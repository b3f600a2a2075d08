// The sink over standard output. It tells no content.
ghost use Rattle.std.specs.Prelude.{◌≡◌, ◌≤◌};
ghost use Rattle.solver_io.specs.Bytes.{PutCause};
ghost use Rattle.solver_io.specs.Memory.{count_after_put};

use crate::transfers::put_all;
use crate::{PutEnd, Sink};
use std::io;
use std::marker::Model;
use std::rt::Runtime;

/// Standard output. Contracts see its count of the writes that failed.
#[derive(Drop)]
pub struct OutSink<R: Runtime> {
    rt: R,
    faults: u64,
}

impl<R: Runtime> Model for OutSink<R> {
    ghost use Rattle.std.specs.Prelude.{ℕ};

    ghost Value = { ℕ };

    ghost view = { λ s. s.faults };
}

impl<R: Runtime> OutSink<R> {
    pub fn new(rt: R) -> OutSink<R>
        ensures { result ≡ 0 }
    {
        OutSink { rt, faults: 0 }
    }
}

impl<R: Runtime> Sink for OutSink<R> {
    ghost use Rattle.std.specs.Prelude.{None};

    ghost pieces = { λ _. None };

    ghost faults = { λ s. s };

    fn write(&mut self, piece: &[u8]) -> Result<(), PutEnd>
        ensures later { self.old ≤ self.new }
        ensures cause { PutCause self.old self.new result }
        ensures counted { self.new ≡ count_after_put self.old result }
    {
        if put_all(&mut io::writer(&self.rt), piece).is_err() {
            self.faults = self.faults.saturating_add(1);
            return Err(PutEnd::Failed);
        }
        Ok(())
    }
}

--

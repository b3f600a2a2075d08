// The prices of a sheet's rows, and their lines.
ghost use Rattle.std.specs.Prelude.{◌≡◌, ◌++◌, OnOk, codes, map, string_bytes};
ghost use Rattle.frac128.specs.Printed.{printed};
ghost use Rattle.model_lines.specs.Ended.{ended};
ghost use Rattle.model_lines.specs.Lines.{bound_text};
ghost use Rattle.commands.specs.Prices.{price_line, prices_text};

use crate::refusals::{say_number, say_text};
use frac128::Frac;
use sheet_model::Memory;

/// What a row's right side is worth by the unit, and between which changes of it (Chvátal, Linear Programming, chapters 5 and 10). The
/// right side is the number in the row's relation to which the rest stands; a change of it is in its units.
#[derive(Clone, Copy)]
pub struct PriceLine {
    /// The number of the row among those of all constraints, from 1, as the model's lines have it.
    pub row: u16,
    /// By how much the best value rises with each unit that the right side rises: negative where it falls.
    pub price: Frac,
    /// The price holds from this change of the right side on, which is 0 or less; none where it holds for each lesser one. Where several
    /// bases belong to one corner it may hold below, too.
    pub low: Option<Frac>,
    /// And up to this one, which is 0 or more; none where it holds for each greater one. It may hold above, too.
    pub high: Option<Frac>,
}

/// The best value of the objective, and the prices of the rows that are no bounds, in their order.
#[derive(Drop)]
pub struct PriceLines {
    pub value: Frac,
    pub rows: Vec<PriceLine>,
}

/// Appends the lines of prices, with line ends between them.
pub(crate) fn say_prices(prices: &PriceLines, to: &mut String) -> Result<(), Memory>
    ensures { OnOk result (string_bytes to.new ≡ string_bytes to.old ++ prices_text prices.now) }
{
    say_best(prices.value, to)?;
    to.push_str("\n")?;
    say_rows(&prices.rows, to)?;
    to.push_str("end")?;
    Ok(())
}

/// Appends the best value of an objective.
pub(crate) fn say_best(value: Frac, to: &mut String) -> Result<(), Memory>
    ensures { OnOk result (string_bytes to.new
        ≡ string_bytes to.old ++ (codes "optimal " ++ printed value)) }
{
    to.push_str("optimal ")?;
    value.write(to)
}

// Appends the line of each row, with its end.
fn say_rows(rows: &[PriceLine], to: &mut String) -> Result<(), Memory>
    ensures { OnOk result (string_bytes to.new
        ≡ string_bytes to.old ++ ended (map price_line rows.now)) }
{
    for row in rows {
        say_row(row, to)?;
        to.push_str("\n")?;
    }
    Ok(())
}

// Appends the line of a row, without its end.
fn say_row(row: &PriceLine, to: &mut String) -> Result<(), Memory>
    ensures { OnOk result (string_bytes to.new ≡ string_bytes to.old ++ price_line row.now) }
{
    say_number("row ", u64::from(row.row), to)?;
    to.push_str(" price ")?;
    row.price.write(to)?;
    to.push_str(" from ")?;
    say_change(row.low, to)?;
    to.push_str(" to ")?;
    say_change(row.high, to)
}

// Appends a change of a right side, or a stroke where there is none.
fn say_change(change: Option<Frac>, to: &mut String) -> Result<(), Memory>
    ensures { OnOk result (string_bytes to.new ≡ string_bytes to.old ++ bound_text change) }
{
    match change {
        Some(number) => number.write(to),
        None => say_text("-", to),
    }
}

● **WHAT YOU WILL DO**:
For the word "codes", say how many lines of the data include it, with nothing else in the reply.

● **RESPONSE TO THE EXERCISE**:
2